* _What needs to be done_: Exactly as they appear, copy the lines from the start of the entries below to the line containing "pub fn read_upvalues(alloc: Global, v: &serde_json::Value)", both ends included.

* _Collected data_:
-*-

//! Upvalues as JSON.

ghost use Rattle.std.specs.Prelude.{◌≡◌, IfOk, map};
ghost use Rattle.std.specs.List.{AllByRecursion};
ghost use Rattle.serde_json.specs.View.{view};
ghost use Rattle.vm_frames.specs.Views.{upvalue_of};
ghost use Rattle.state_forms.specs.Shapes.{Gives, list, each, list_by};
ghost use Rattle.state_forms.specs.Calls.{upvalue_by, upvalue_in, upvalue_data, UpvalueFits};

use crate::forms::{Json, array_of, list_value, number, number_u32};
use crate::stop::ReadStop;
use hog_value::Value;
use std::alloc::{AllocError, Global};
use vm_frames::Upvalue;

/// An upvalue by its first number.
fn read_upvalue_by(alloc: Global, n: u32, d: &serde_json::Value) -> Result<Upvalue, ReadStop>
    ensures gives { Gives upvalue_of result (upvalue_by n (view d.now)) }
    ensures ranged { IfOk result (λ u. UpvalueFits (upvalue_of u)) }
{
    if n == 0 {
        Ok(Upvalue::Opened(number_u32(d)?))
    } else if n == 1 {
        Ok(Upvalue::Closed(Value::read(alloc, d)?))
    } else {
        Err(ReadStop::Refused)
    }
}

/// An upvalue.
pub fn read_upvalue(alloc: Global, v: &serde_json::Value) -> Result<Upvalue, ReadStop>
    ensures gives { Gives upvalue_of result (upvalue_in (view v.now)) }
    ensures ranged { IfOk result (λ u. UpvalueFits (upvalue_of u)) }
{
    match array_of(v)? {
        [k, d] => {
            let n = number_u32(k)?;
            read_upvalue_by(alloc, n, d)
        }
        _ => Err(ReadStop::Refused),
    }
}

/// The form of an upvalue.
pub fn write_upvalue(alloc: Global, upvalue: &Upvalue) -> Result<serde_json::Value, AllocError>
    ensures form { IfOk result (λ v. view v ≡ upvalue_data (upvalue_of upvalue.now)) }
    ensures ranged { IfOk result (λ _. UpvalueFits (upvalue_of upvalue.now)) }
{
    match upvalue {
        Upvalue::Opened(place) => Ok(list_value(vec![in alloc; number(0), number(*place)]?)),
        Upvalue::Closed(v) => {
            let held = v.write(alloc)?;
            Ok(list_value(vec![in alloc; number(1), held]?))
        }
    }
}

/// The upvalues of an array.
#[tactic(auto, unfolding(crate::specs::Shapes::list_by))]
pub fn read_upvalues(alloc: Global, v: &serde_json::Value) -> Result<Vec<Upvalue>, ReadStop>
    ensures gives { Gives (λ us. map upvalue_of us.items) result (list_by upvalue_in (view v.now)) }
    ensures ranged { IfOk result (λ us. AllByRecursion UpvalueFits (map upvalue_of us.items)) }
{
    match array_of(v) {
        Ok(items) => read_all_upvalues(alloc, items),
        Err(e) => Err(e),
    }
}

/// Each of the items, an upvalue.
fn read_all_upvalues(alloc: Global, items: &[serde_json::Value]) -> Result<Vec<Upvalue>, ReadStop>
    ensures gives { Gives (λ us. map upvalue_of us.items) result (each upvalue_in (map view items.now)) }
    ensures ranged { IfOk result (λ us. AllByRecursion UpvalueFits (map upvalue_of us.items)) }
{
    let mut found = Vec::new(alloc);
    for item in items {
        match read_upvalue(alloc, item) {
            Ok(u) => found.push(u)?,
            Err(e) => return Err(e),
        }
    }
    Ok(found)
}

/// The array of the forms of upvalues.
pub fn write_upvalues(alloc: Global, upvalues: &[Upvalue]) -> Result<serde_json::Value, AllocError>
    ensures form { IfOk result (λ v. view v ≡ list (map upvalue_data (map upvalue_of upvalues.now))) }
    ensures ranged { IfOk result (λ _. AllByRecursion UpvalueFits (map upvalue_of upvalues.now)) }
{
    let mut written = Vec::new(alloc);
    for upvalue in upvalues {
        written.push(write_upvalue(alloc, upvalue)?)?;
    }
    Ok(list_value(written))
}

-*-

* _Answer to the problem_:
//! Upvalues as JSON.

ghost use Rattle.std.specs.Prelude.{◌≡◌, IfOk, map};
ghost use Rattle.std.specs.List.{AllByRecursion};
ghost use Rattle.serde_json.specs.View.{view};
ghost use Rattle.vm_frames.specs.Views.{upvalue_of};
ghost use Rattle.state_forms.specs.Shapes.{Gives, list, each, list_by};
ghost use Rattle.state_forms.specs.Calls.{upvalue_by, upvalue_in, upvalue_data, UpvalueFits};

use crate::forms::{Json, array_of, list_value, number, number_u32};
use crate::stop::ReadStop;
use hog_value::Value;
use std::alloc::{AllocError, Global};
use vm_frames::Upvalue;

/// An upvalue by its first number.
fn read_upvalue_by(alloc: Global, n: u32, d: &serde_json::Value) -> Result<Upvalue, ReadStop>
    ensures gives { Gives upvalue_of result (upvalue_by n (view d.now)) }
    ensures ranged { IfOk result (λ u. UpvalueFits (upvalue_of u)) }
{
    if n == 0 {
        Ok(Upvalue::Opened(number_u32(d)?))
    } else if n == 1 {
        Ok(Upvalue::Closed(Value::read(alloc, d)?))
    } else {
        Err(ReadStop::Refused)
    }
}

/// An upvalue.
pub fn read_upvalue(alloc: Global, v: &serde_json::Value) -> Result<Upvalue, ReadStop>
    ensures gives { Gives upvalue_of result (upvalue_in (view v.now)) }
    ensures ranged { IfOk result (λ u. UpvalueFits (upvalue_of u)) }
{
    match array_of(v)? {
        [k, d] => {
            let n = number_u32(k)?;
            read_upvalue_by(alloc, n, d)
        }
        _ => Err(ReadStop::Refused),
    }
}

/// The form of an upvalue.
pub fn write_upvalue(alloc: Global, upvalue: &Upvalue) -> Result<serde_json::Value, AllocError>
    ensures form { IfOk result (λ v. view v ≡ upvalue_data (upvalue_of upvalue.now)) }
    ensures ranged { IfOk result (λ _. UpvalueFits (upvalue_of upvalue.now)) }
{
    match upvalue {
        Upvalue::Opened(place) => Ok(list_value(vec![in alloc; number(0), number(*place)]?)),
        Upvalue::Closed(v) => {
            let held = v.write(alloc)?;
            Ok(list_value(vec![in alloc; number(1), held]?))
        }
    }
}

/// The upvalues of an array.
#[tactic(auto, unfolding(crate::specs::Shapes::list_by))]
pub fn read_upvalues(alloc: Global, v: &serde_json::Value) -> Result<Vec<Upvalue>, ReadStop>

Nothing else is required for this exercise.